**What is needed**.
Report each line of the entries that includes "packets" by copying it.

**Raw data**.
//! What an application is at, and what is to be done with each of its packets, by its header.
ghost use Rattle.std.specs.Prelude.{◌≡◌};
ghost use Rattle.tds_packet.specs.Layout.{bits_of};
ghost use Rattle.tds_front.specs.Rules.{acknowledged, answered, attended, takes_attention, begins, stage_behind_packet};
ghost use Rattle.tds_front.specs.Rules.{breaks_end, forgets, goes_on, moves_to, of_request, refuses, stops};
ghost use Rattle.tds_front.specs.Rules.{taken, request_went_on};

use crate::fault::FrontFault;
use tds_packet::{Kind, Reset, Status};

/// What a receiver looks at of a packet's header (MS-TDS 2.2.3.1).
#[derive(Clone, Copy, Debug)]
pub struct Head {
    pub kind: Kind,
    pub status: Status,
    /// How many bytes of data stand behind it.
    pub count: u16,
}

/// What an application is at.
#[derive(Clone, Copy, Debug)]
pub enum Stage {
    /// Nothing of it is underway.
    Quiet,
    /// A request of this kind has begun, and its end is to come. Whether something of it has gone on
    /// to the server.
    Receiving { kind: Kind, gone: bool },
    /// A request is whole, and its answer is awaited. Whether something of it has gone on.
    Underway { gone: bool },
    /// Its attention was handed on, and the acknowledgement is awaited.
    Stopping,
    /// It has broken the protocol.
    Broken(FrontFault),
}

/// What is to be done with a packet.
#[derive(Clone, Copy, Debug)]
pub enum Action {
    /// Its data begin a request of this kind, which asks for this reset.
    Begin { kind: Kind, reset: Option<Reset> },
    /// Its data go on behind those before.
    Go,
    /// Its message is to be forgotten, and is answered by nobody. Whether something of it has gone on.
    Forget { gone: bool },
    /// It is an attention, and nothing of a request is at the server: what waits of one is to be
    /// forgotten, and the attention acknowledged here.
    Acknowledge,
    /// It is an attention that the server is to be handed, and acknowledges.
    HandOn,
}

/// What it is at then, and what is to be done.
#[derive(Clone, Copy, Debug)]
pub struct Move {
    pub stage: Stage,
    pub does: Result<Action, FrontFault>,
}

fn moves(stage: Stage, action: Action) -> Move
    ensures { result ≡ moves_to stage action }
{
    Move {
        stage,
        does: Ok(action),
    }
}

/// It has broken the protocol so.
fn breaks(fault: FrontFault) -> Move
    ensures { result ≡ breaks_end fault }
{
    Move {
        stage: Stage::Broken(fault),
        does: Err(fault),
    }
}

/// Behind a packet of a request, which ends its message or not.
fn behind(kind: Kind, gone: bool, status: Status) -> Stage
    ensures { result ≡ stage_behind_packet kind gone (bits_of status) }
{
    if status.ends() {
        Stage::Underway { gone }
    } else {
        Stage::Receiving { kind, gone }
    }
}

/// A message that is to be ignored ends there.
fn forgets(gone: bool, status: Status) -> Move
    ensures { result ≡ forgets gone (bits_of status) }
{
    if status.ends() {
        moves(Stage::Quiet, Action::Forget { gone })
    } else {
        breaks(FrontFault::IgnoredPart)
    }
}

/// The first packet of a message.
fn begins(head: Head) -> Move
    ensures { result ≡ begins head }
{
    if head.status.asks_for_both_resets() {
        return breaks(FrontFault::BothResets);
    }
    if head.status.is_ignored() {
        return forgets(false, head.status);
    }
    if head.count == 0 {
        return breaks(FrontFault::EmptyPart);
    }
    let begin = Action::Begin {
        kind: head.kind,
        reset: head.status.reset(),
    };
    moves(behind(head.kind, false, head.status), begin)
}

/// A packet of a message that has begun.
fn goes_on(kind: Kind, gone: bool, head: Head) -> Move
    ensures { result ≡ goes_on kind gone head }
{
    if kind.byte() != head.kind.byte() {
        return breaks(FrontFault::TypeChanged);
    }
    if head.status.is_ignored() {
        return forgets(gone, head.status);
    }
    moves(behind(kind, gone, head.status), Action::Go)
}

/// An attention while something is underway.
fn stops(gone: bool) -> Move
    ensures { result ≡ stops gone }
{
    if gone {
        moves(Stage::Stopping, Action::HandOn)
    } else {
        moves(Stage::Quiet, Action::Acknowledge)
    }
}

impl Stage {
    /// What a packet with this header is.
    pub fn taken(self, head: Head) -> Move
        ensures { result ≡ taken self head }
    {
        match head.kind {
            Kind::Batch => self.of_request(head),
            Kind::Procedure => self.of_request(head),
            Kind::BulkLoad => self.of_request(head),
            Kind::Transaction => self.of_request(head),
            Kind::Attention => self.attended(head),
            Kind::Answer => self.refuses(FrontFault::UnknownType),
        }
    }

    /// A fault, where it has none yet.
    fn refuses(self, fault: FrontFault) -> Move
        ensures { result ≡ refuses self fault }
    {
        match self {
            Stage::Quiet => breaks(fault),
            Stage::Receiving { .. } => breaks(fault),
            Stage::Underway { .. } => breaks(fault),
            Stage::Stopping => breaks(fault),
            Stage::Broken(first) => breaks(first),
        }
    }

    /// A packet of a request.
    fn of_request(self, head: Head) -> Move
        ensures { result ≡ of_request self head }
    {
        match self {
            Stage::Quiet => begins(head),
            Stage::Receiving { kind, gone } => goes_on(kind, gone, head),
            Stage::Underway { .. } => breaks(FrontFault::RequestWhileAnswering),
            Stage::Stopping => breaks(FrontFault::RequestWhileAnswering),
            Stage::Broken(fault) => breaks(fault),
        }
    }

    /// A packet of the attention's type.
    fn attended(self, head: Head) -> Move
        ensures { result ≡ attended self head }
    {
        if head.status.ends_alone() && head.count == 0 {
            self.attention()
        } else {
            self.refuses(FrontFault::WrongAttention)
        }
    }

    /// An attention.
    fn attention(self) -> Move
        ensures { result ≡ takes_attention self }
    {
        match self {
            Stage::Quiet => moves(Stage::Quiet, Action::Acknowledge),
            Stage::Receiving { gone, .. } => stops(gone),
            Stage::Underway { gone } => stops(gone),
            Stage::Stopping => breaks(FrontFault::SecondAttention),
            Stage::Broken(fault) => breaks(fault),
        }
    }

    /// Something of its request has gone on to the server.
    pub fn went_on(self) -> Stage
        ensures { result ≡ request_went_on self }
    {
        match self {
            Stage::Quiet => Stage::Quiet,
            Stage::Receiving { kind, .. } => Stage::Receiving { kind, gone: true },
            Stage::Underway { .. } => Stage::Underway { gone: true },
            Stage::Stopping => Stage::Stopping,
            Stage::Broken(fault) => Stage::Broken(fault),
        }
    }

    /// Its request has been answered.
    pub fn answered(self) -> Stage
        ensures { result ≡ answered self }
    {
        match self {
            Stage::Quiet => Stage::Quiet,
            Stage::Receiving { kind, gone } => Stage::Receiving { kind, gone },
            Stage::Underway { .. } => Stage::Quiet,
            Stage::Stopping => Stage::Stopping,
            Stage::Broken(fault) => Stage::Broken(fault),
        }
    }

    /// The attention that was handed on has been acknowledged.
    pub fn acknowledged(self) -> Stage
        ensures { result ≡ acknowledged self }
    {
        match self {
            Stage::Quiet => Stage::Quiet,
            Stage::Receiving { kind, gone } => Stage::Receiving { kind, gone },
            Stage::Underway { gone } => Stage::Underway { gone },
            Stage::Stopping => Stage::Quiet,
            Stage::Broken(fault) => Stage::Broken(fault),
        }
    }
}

* * *

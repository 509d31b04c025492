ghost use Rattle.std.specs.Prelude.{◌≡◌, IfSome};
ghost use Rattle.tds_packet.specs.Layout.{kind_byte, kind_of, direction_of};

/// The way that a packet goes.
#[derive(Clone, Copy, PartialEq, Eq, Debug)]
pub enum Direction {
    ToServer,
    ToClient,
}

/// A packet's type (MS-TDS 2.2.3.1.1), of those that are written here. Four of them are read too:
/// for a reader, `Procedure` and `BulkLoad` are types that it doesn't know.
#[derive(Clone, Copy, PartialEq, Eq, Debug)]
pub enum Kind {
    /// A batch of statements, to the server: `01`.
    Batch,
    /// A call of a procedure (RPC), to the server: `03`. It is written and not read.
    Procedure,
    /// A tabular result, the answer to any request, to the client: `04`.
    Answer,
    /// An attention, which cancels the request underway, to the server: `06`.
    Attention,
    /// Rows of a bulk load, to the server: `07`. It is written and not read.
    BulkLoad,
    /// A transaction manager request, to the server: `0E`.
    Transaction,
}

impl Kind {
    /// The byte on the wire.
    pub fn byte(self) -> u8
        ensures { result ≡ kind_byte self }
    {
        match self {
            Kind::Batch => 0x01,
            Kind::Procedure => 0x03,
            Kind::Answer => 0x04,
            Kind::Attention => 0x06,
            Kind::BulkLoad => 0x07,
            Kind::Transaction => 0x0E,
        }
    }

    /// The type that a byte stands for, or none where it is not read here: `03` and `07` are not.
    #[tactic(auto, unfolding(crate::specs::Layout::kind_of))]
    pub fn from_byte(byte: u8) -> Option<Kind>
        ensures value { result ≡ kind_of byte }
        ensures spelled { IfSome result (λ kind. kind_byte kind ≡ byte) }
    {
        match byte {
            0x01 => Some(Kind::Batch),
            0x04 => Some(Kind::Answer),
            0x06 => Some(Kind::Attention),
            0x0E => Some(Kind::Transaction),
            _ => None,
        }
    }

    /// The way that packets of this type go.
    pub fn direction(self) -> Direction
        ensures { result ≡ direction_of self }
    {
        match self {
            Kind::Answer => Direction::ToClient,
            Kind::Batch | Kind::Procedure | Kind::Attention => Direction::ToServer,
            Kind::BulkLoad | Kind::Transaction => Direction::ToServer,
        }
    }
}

**Expected output**.
//! What an application is at, and what is to be done with each of its packets, by its header.
    /// The way that packets of this type go.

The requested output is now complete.